Great forum by the way. I really enjoy reading the threads and some of you have ridiculously sick bikes.


----------



## XSL_WiLL (Nov 2, 2004)

Cowan FS = Bass

A little something to take the edge off of big hits.


----------



## Prime8 (Apr 19, 2004)

My Cowan DS feels more like a hard tail than a fully on the street. It really only gives any on landings, and even then it's barely perceptible. Feels very nice actually. :thumbsup:

Still, for typical smaller DJs I prefer to ride my STP, it's less work overall. When I head out to the bigger stuff I take the extra 4" insurance the Cowan has. They do 'feel' very similar though! Just a weight difference really.

IMO to have one bike? Hard tail all the way.

https://gallery.mtbr.com/data/mtbr/500/medium/Cowan.jpg


----------



## jammy1800 (Jan 10, 2008)

ye if u beggining you dont really want a full sus they really nice but heavyier best to leave them for the experts if you ask me


----------



## crazy Jim (Mar 31, 2005)

Hardtail is the way to go. I ride an SS P1 w/Marz dJ fork, its the shizzle. I also have a Santa Cruz Heckler that I trail ride but It has a Marz DJ as well along with a slightly heavier shock spring and beefier wheels so I can DJ it if I feel like it.


----------



## snaky69 (Mar 8, 2005)

Full suspension DJ bikes are more aimed at slopestyle contests, the size of the jumps kinda warrant its.

I'd stick with a plain old hardtail.


----------



## wookie freeride (Apr 10, 2007)

*transition double*

:thumbsup:


----------



## PaintPeelinPbody (Feb 3, 2004)

Ya i'd say it depend on what kind of trails you have in the area.

If your riding your own private trails where you can make the jump specifically for your bike, you might be alright.

I want to try my Prophet out as a DJer for a little while, thinking it may help me gain some confidence that I've lost since riding at Diablo on a huge DH rig.


----------



## 6milliondollarman (Dec 24, 2004)

Here's one. Brooklyn Machine Works FQ Mini Link. Haven't heard much about it, other than it's heavy & expensive as hell.


----------



## PaintPeelinPbody (Feb 3, 2004)

WTF, something looks really messed with that picture. The seat and grips look huge in comparison to everything else.


----------



## CharacterZero (May 19, 2004)

How the hell could you tell what kind of bikes were being used if watching it on that stamp-sized-screen of the ipod?!


----------



## A Grove (Nov 12, 2006)

CharacterZero said:


> How the hell could you tell what kind of bikes were being used if watching it on that stamp-sized-screen of the ipod?!

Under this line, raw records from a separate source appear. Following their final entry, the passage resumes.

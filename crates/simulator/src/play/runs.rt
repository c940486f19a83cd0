//! What a script knows of its runs.

ghost use Rattle.std.specs.Prelude.{◌≡◌};
ghost use Rattle.simulator.specs.Play as play;
ghost use Rattle.simulator.specs.Turn as turns;

use script::Name;

/// One run, as the script sees it.
#[derive(Clone, Copy)]
pub struct Run {
    /// The future whose handle its own future holds and polls; none where that is never ready.
    pub twice: Option<Name>,
    /// The poll of its own future has polled that handle.
    pub asked: bool,
    /// Its own future has let go of that handle.
    pub let_go: bool,
    /// What its own future gives.
    pub output: u64,
}

impl Run {
    /// A run that was just made.
    pub fn new(twice: Option<Name>) -> Run
        ensures { result ≡ play.new_run twice }
    {
        Run {
            twice,
            asked: false,
            let_go: false,
            output: 0,
        }
    }

    /// The poll of the handle that its own future holds is over, and its own future has this output.
    pub fn end_poll(&self, output: u64) -> Run
        ensures { result ≡ turns.own_ended output self.now }
    {
        Run {
            asked: false,
            output,
            ..*self
        }
    }
}
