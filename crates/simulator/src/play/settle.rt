//! How a party's command ends.

ghost use Rattle.std.specs.Prelude.{◌≡◌, OnOk};
ghost use Rattle.simulator.specs.Play as play;
ghost use Rattle.simulator.specs.Turn as turns;

use crate::moment::Outcome;
use crate::play::party::{Doing, Party};
use crate::play::player::Player;
use executor_model::Reply;
use script::{Item, Name, Plain, Word};
use std::alloc::AllocError;

impl<'a> Player<'a> {
    /// The party's command ends where its call has, unless it polls a handle then.
    #[tactic(auto, unfolding(crate::specs::Turn::settle))]
    pub fn settle(&mut self, p: u32) -> Result<(), AllocError>
        ensures new { OnOk result (self.new ≡ turns.settle p self.old) }
        ensures steps { OnOk result (self.new.tried ≡ self.old.tried) }
    {
        match self.top(p) {
            Some(_) => Ok(()),
            None => match self.party(p).doing {
                Some(doing) => self.settle_command(p, doing),
                None => Ok(()),
            },
        }
    }

    #[tactic(auto, unfolding(crate::specs::Turn::settled_as))]
    fn settle_command(&mut self, p: u32, doing: Doing) -> Result<(), AllocError>
        ensures new { OnOk result (self.new ≡ turns.settled_as (play.plain_at self.old doing.command) p doing self.old) }
        ensures steps { OnOk result (self.new.tried ≡ self.old.tried) }
    {
        match self.plain_at(doing.command) {
            Some(Plain::Cancel(_)) => self.poll_next(p, doing),
            Some(Plain::Spawn { items, .. }) => {
                let reply = self.party(p).reply;
                self.give_back(reply, items.as_slice());
                self.close(p, doing)
            }
            Some(Plain::Tick(name)) => {
                let reply = self.party(p).reply;
                self.name_tick(reply, *name)?;
                self.close(p, doing)
            }
            Some(Plain::Run { name, twice }) => {
                let reply = self.party(p).reply;
                self.name_run(reply, *name, *twice)?;
                self.close(p, doing)
            }
            _ => self.close(p, doing),
        }
    }

    fn poll_next(&mut self, p: u32, doing: Doing) -> Result<(), AllocError>
        ensures new { OnOk result (self.new ≡ turns.polls_next doing.polls p doing self.old) }
        ensures steps { OnOk result (self.new.tried ≡ self.old.tried) }
    {
        if doing.polls {
            return self.close(p, doing);
        }
        self.set_doing(
            p,
            Some(Doing {
                polls: true,
                ..doing
            }),
        );
        Ok(())
    }

    /// A refused spawn gives the handles back.
    fn give_back(&mut self, reply: Reply, items: &[Item])
        ensures new { self.new ≡ turns.given_back (turns.is_made reply) items.now self.old }
        ensures steps { self.new.tried ≡ self.old.tried }
    {
        match reply {
            Reply::Made => {}
            _ => self.hold(items, false),
        }
    }

    /// A tick that was made has its name.
    fn name_tick(&mut self, reply: Reply, name: Name) -> Result<(), AllocError>
        ensures new { OnOk result (self.new ≡ turns.ticked (turns.is_made reply) name self.old) }
        ensures steps { OnOk result (self.new.tried ≡ self.old.tried) }
    {
        match reply {
            Reply::Made => self.push_tick(name),
            _ => Ok(()),
        }
    }

    /// A run that was made has its name; a refused one gives the handle back.
    fn name_run(&mut self, reply: Reply, name: Name, twice: Option<Name>) -> Result<(), AllocError>
        ensures new { OnOk result (self.new ≡ turns.ran (turns.is_made reply) name twice self.old) }
        ensures steps { OnOk result (self.new.tried ≡ self.old.tried) }
    {
        match reply {
            Reply::Made => self.push_run(name, twice),
            _ => {
                self.hold_named(twice, false);
                Ok(())
            }
        }
    }

    pub fn set_doing(&mut self, p: u32, doing: Option<Doing>)
        ensures { self.new ≡ turns.does p doing self.old }
    {
        let party = self.party(p);
        self.set_party(p, Party { doing, ..party });
    }

    /// The party is idle again, and its command is answered so.
    #[tactic(auto, unfolding(crate::specs::Turn::closed))]
    fn close(&mut self, p: u32, doing: Doing) -> Result<(), AllocError>
        ensures new { OnOk result (self.new ≡ turns.closed p doing self.old) }
        ensures steps { OnOk result (self.new.tried ≡ self.old.tried) }
    {
        let word = self.word_at(doing.command);
        let outcome = outcome(self.party(p).reply, self.output_of(doing));
        self.set_doing(p, None);
        self.end(word, outcome)
    }

    fn word_at(&self, at: usize) -> Word
        ensures { result ≡ turns.word_at (play.plain_at self.now at) }
    {
        match self.plain_at(at) {
            Some(plain) => plain.word(),
            None => Word::Go,
        }
    }

    /// What the command's ready future or run gives, where it speaks of one.
    fn output_of(&self, doing: Doing) -> Option<u64>
        ensures { result ≡ turns.output_of self.now (play.plain_at self.now doing.command) }
    {
        match self.plain_at(doing.command) {
            Some(Plain::PollRun(name)) => self.output_of_run(self.run_named(*name)),
            _ => self.output_of_future(self.subject(doing)),
        }
    }

    fn output_of_run(&self, r: Option<u64>) -> Option<u64>
        ensures { result ≡ turns.output_of_run self.now r }
    {
        Some(self.run(r?).output)
    }

    fn output_of_future(&self, f: Option<u64>) -> Option<u64>
        ensures { result ≡ turns.output_of_future self.now f }
    {
        Some(self.future(f?).output)
    }
}

/// How a command ends that was answered so, and gives this, if anything.
fn outcome(reply: Reply, output: Option<u64>) -> Outcome
    ensures { result ≡ turns.outcome_of reply output }
{
    match reply {
        Reply::Ready => match output {
            Some(output) => Outcome::Output(output),
            None => Outcome::Answered(reply),
        },
        _ => Outcome::Answered(reply),
    }
}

What kinda iPod do you own.... I could probly tell you the make and model of the bike. Its really not that hard... iPods are really clear.


----------



## CharacterZero (May 19, 2004)

A Grove said:


> What kinda iPod do you own.... I could probly tell you the make and model of the bike. Its really not that hard... iPods are really clear.


None, I just thought I'd rag ya for mentioning it in the OP.
Reminded me of an article ...
Stuff Mentioned:

1. Sushi
2. Apple Products
3. Whole Foods
4. Microbreweries (implied)
5. Living by the Water


----------